Calculating Velocity in Two Dimensions: A Real-Life Swimming Challenge

[Mary1910]

Question:
In an anniversary celebration of Marilyn Bell's 1954 feat- she was the first person to swim across Lake Ontario- a swimmer set out from the shores of New York and maintained a velocity of 4m/s (N). As the swimmer approached the Ontario shore, she encountered a cross-current of 2 m/s (E 25 degrees S) - 25 degrees South of East. Calculate her velocity with respect to the crowd observing from the beach (with respect to the ground).

My Attempt at a Solution:

First I drew a triangle. 4m/s (N) is the left side of the triangle. 2m/s (E 25 degrees S) is the top of the triangle. And the right side is the side that I think that I am solving for.

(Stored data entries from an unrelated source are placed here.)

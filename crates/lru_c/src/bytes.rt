//! The calls of C on caches whose keys are bytes. The caller hashes the bytes, so that it need not
//! hold a lock meanwhile, and passes their hash, which is a part of the key.
ghost use Rattle.std.specs.Prelude.{◌≡◌, ◌==◌, ⊤, MatchBool};
ghost use Rattle.concurrent_lru.specs.Request as ask;
ghost use Rattle.lru_c.specs.BytesCalls.{AsksByKey, Begins, Contains, Evicts, Inserts, IntoBytes, KeyOf};
ghost use Rattle.lru_c.specs.Codes as codes;
ghost use Rattle.lru_c.specs.Told.{bare, evict_by};

pub mod cache;
pub mod key;

use crate::bytes::cache::{bytes_cache, copy_key};
use crate::chain_calls::empty_chain;
use crate::handles::{LruCache, LruChain};
use crate::told::{LruPin, LruTold};

/// Asks for the value of a key and pins its entry, inserting one with this charge if there is none.
/// What the charge of a new entry evicts is put into a chain, oldest first. If the call is strict,
/// inserts no entry whose charge the capacity has no room for.
///
/// Returns `FULL` if the call is strict, the key has no entry, and the charge, with the charges of
/// the held entries, is above the capacity. Returns `NO_CHARGE` if the charge is 0, `CLOSED` if the
/// cache or chain is not open, `OTHER_KEYS` if the keys of the cache are not bytes, `NOT_EMPTY` if
/// the chain has entries, and `OVERFLOW` or `MEMORY` as `lru.h` says. Nothing changes then: in
/// particular, nothing is evicted.
#[unsafe(no_mangle)]
pub extern "C" fn lru_bytes_begin_nonnull(
    cache: &mut LruCache,
    key: &[u8],
    hash: u64,
    charge: u64,
    strict: bool,
    gone: &mut LruChain,
) -> LruTold
    ensures { IntoBytes gone.old gone.new result cache.old cache.new
        (Begins strict key.now hash charge result) }
{
    match empty_chain(gone) {
        Ok(chain) => match bytes_cache(cache) {
            Ok(cache) => chain.take_bytes(cache.begin(key, hash, charge, strict)),
            Err(code) => LruTold::bare(code),
        },
        Err(code) => LruTold::bare(code),
    }
}

/// Pins the entry of a key and returns its value, or returns `MISSED` if the key has no ready
/// value.
///
/// Returns `OVERFLOW` if the entry has the maximum number of pins, `MEMORY` if a copy of the key is
/// refused, `CLOSED` if the cache is not open, and `OTHER_KEYS` if its keys are not bytes; nothing
/// changes then.
#[unsafe(no_mangle)]
pub extern "C" fn lru_bytes_get_nonnull(cache: &mut LruCache, key: &[u8], hash: u64) -> LruTold
    ensures { AsksByKey ask.get key.now hash cache.old.cache.held result
        cache.new.cache.held }
{
    match bytes_cache(cache) {
        Ok(cache) => cache.get(key, hash),
        Err(code) => LruTold::bare(code),
    }
}

/// Returns `DONE` if a key has a ready value, otherwise `MISSED`. Pins nothing and moves nothing.
///
/// Returns `MEMORY` if a copy of the key is refused, `CLOSED` if the cache is not open, and
/// `OTHER_KEYS` if its keys are not bytes.
#[unsafe(no_mangle)]
pub extern "C" fn lru_bytes_contains_nonnull(cache: &mut LruCache, key: &[u8], hash: u64) -> u32
    ensures { Contains key.now hash cache.old.cache.held result cache.new.cache.held }
{
    match bytes_cache(cache) {
        Ok(cache) => cache.contains(key, hash),
        Err(code) => code,
    }
}

/// Evicts the entry of a key into a chain if it is idle. If it is held, detaches it if `even_held`
/// says so: no call finds it by the key then, but it is still found by its stamp, and is evicted
/// with its last pin. Otherwise nothing happens, now or later.
///
/// Returns `MEMORY` if a copy of the key is refused, `CLOSED` if the cache or chain is not open,
/// `OTHER_KEYS` if the keys of the cache are not bytes, and `NOT_EMPTY` if the chain has entries;
/// nothing changes then.
#[unsafe(no_mangle)]
pub extern "C" fn lru_bytes_evict_nonnull(
    cache: &mut LruCache,
    key: &[u8],
    hash: u64,
    even_held: bool,
    gone: &mut LruChain,
) -> u32
    ensures { IntoBytes gone.old gone.new (bare result) cache.old cache.new
        (Evicts (evict_by even_held) key.now hash (bare result)) }
{
    match empty_chain(gone) {
        Ok(chain) => match bytes_cache(cache) {
            Ok(cache) => chain.take_bytes(cache.evict(key, hash, even_held)),
            Err(code) => code,
        },
        Err(code) => code,
    }
}

/// Inserts a value, replacing what the key has: detaches the entry of the key as `invalidate` does,
/// and inserts a new one with a pin for the caller. Returns `DONE` with that pin. The idle entry
/// that was replaced, and then what the charge evicted, oldest first, are put into a chain.
///
/// Returns `FULL` if the call is strict and the charge, with the charges of the held entries, is
/// above the capacity, whatever entry the key has. Returns `NO_CHARGE` if the charge is 0, `CLOSED`
/// if the cache or chain is not open, `OTHER_KEYS` if the keys of the cache are not bytes,
/// `NOT_EMPTY` if the chain has entries, and `OVERFLOW` or `MEMORY` as `lru.h` says. Nothing
/// changes then: in particular, nothing is evicted, and the value is not taken.
#[unsafe(no_mangle)]
pub extern "C" fn lru_bytes_insert_nonnull(
    cache: &mut LruCache,
    key: &[u8],
    hash: u64,
    charge: u64,
    value: u64,
    strict: bool,
    gone: &mut LruChain,
) -> LruTold
    ensures { IntoBytes gone.old gone.new result cache.old cache.new
        (Inserts strict key.now hash charge value result) }
{
    match empty_chain(gone) {
        Ok(chain) => match bytes_cache(cache) {
            Ok(cache) => chain.take_both_bytes(cache.insert(key, hash, charge, value, strict)),
            Err(code) => LruTold::bare(code),
        },
        Err(code) => LruTold::bare(code),
    }
}

/// Copies the bytes of the key of an entry, held or idle, to the start of a buffer: `NUMBER` with
/// their number.
///
/// Returns `NO_ROOM` with their number if the buffer is too small, `STALE` if no entry has the
/// stamp, `CLOSED` if the cache is not open, and `OTHER_KEYS` if its keys are not bytes. Nothing is
/// written then.
#[unsafe(no_mangle)]
pub extern "C" fn lru_bytes_key_of_nonnull(
    cache: &mut LruCache,
    pin: LruPin,
    buffer: &mut [u8],
) -> LruTold
    ensures told { KeyOf pin.stamp buffer.old buffer.new cache.old.cache.held result
        cache.new.cache.held }
    ensures kept { MatchBool (result.code == codes.number) ⊤ (buffer.new ≡ buffer.old) }
{
    match bytes_cache(cache) {
        Ok(cache) => copy_key(&cache.state, pin, buffer),
        Err(code) => LruTold::bare(code),
    }
}
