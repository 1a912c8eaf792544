//! The codes that calls return to C, as `lru.h` lists them.

/// The caller makes the value; in a cache, its entry is pinned.
pub const MAKE: u32 = 0;
/// Another caller makes the value; in a cache, its entry is pinned.
pub const WAIT: u32 = 1;
/// Pinned; the value is returned.
pub const HIT: u32 = 2;
/// Done.
pub const DONE: u32 = 3;
/// A making was given up while others wait.
pub const LEFT: u32 = 4;
/// A making was given up and its entry removed.
pub const REMOVED: u32 = 5;
/// No ready entry has the key.
pub const MISSED: u32 = 6;
/// Refused: a number would overflow.
pub const OVERFLOW: u32 = 7;
/// Refused: the stamp, the place or the ticket names nothing that the call is for.
pub const STALE: u32 = 8;
/// Refused: the allocator refused memory.
pub const MEMORY: u32 = 9;
/// The number that was asked for is returned.
pub const NUMBER: u32 = 10;
/// Refused: a charge of 0.
pub const NO_CHARGE: u32 = 11;
/// Refused: a limit of 0 pins.
pub const NO_PINS: u32 = 12;
/// Refused: a handle that is not open.
pub const CLOSED: u32 = 14;
/// Refused: a handle that is open already.
pub const OPEN: u32 = 15;
/// Refused: a chain or a clock that still holds entries, or a clock with a making.
pub const NOT_EMPTY: u32 = 16;
/// Refused: a buffer that is too small.
pub const NO_ROOM: u32 = 17;
/// Pinned once more; the value is returned.
pub const PINNED: u32 = 18;
/// Refused: a key of bytes for a cache whose keys are two words, or the other way round.
pub const OTHER_KEYS: u32 = 19;
/// Refused: the held entries leave the capacity no room for the charge.
pub const FULL: u32 = 20;
/// Refused: a kind of keys that does not exist.
pub const NO_KIND: u32 = 21;
/// An entry has left the clock, and is returned; others may still have to leave.
pub const GONE: u32 = 22;
/// Done; the entry was invalidated, and this was its last pin, so it waits to be collected.
pub const LAST: u32 = 23;
/// Stored and pinned; another entry has left the clock for it, and is returned.
pub const REPLACED: u32 = 24;
/// Done; nobody else has pinned the entry, and the total is above the capacity.
pub const ABOVE: u32 = 25;
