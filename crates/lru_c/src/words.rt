//! The calls of C on caches whose keys are two words.
ghost use Rattle.std.specs.Prelude.{◌≡◌, ◌==◌, ⊤, MatchBool};
ghost use Rattle.concurrent_lru.specs.Request as ask;
ghost use Rattle.lru_c.specs.WordsCalls.{words, AsksByKey, Begins, Contains, Evicts, Inserts, IntoWords, KeyOf};
ghost use Rattle.lru_c.specs.Codes as codes;
ghost use Rattle.lru_c.specs.Told.{bare, evict_by};

pub mod cache;
pub mod key;

use crate::chain_calls::empty_chain;
use crate::handles::{LruCache, LruChain};
use crate::steps;
use crate::told::{LruPin, LruTold};
use crate::words::cache::{words_cache, write_key};
use crate::words::key::Words;

/// Asks for the value of a key and pins its entry, inserting one with this charge if there is none.
/// What the charge of a new entry evicts is put into a chain, oldest first. If the call is strict,
/// inserts no entry whose charge the capacity has no room for.
///
/// Returns `FULL` if the call is strict, the key has no entry, and the charge, with the charges of
/// the held entries, is above the capacity. Returns `NO_CHARGE` if the charge is 0, `CLOSED` if the
/// cache or chain is not open, `OTHER_KEYS` if the keys of the cache are not two words, `NOT_EMPTY`
/// if the chain has entries, and `OVERFLOW` or `MEMORY` as `lru.h` says. Nothing changes then: in
/// particular, nothing is evicted.
#[unsafe(no_mangle)]
pub extern "C" fn lru_words_begin(
    cache: &mut LruCache,
    first: u64,
    second: u64,
    charge: u64,
    strict: bool,
    gone: &mut LruChain,
) -> LruTold
    ensures { IntoWords gone.old gone.new result cache.old cache.new
        (Begins strict (words first second) charge result) }
{
    match empty_chain(gone) {
        Ok(chain) => match words_cache(cache) {
            Ok(cache) => chain.take_words(cache.begin(&Words { first, second }, charge, strict)),
            Err(code) => LruTold::bare(code),
        },
        Err(code) => LruTold::bare(code),
    }
}

/// Pins the entry of a key and returns its value, or returns `MISSED` if the key has no ready
/// value.
///
/// Returns `OVERFLOW` if the entry has the maximum number of pins, `CLOSED` if the cache is not
/// open, and `OTHER_KEYS` if its keys are not two words; nothing changes then.
#[unsafe(no_mangle)]
pub extern "C" fn lru_words_get(cache: &mut LruCache, first: u64, second: u64) -> LruTold
    ensures { AsksByKey (ask.get (words first second)) cache.old.cache.held result
        cache.new.cache.held }
{
    match words_cache(cache) {
        Ok(cache) => cache.get(&Words { first, second }),
        Err(code) => LruTold::bare(code),
    }
}

/// Returns `DONE` if a key has a ready value, otherwise `MISSED`. Pins nothing and moves nothing.
///
/// Returns `CLOSED` if the cache is not open, and `OTHER_KEYS` if its keys are not two words.
#[unsafe(no_mangle)]
pub extern "C" fn lru_words_contains(cache: &mut LruCache, first: u64, second: u64) -> u32
    ensures { Contains (words first second) cache.old.cache.held result cache.new.cache.held }
{
    match words_cache(cache) {
        Ok(cache) => steps::contains(&cache.state, &Words { first, second }),
        Err(code) => code,
    }
}

/// Evicts the entry of a key into a chain if it is idle. If it is held, detaches it if `even_held`
/// says so: no call finds it by the key then, but it is still found by its stamp, and is evicted
/// with its last pin. Otherwise nothing happens, now or later.
///
/// Returns `CLOSED` if the cache or chain is not open, `OTHER_KEYS` if the keys of the cache are
/// not two words, and `NOT_EMPTY` if the chain has entries; nothing changes then.
#[unsafe(no_mangle)]
pub extern "C" fn lru_words_evict(
    cache: &mut LruCache,
    first: u64,
    second: u64,
    even_held: bool,
    gone: &mut LruChain,
) -> u32
    ensures { IntoWords gone.old gone.new (bare result) cache.old cache.new
        (Evicts (evict_by even_held (words first second)) (bare result)) }
{
    match empty_chain(gone) {
        Ok(chain) => match words_cache(cache) {
            Ok(cache) => chain.take_words(cache.evict(&Words { first, second }, even_held)),
            Err(code) => code,
        },
        Err(code) => code,
    }
}

/// Inserts a value, replacing what the key has: detaches the entry of the key as `invalidate` does,
/// and inserts a new one with a pin for the caller. Returns `DONE` with that pin. The idle entry
/// that was replaced, and then what the charge evicted, oldest first, are put into a chain.
///
/// Returns `FULL` if the call is strict and the charge, with the charges of the held entries, is
/// above the capacity, whatever entry the key has. Returns `NO_CHARGE` if the charge is 0, `CLOSED`
/// if the cache or chain is not open, `OTHER_KEYS` if the keys of the cache are not two words,
/// `NOT_EMPTY` if the chain has entries, and `OVERFLOW` or `MEMORY` as `lru.h` says. Nothing
/// changes then: in particular, nothing is evicted, and the value is not taken.
#[unsafe(no_mangle)]
pub extern "C" fn lru_words_insert(
    cache: &mut LruCache,
    first: u64,
    second: u64,
    charge: u64,
    value: u64,
    strict: bool,
    gone: &mut LruChain,
) -> LruTold
    ensures { IntoWords gone.old gone.new result cache.old cache.new
        (Inserts strict (words first second) charge value result) }
{
    match empty_chain(gone) {
        Ok(chain) => match words_cache(cache) {
            Ok(cache) => chain.take_both_words(cache.insert(
                &Words { first, second },
                charge,
                value,
                strict,
            )),
            Err(code) => LruTold::bare(code),
        },
        Err(code) => LruTold::bare(code),
    }
}

/// Writes the two words of an entry's key, held or idle.
///
/// Returns `STALE` if no entry has the stamp, `CLOSED` if the cache is not open, and `OTHER_KEYS`
/// if its keys are not two words; nothing is written then.
#[unsafe(no_mangle)]
pub extern "C" fn lru_words_key_of(
    cache: &mut LruCache,
    pin: LruPin,
    first: &mut u64,
    second: &mut u64,
) -> u32
    ensures told { KeyOf pin.stamp (words first.new second.new) cache.old.cache.held result
        cache.new.cache.held }
    ensures kept { MatchBool (result == codes.done) ⊤
        ((first.new ≡ first.old) × (second.new ≡ second.old)) }
{
    match words_cache(cache) {
        Ok(cache) => write_key(&cache.state, pin, first, second),
        Err(code) => code,
    }
}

Next I divided the triangle into two right angled triangles.

Solving for the top triangle:

sin=Opposite/Hypotenuse
=2sin(65)
=1.81 m/s

cos=Adjacent/Hypotenuse
=2cos(65)
=0.845 m/s
=0.85m/s

To solve for the bottom triangle:

4m/s - 0.85m/s = 3.15m/s

Use Pythagorean theorem to solve for the unknown side:

3.15^2 + 1.81^2
=3.63m/s

Calculate the direction of the velocity:

tan=ay/ax
tan=1.81/3.15
=29.88
=30 degrees

Therefore her velocity, with respect to the crowd observing from the beach is 3.63m/s (N 30 degrees E)

Could someone please let me know if my calculations are correct? I would appreciate the help. :)

 

[paisiello2]

Looks right to me.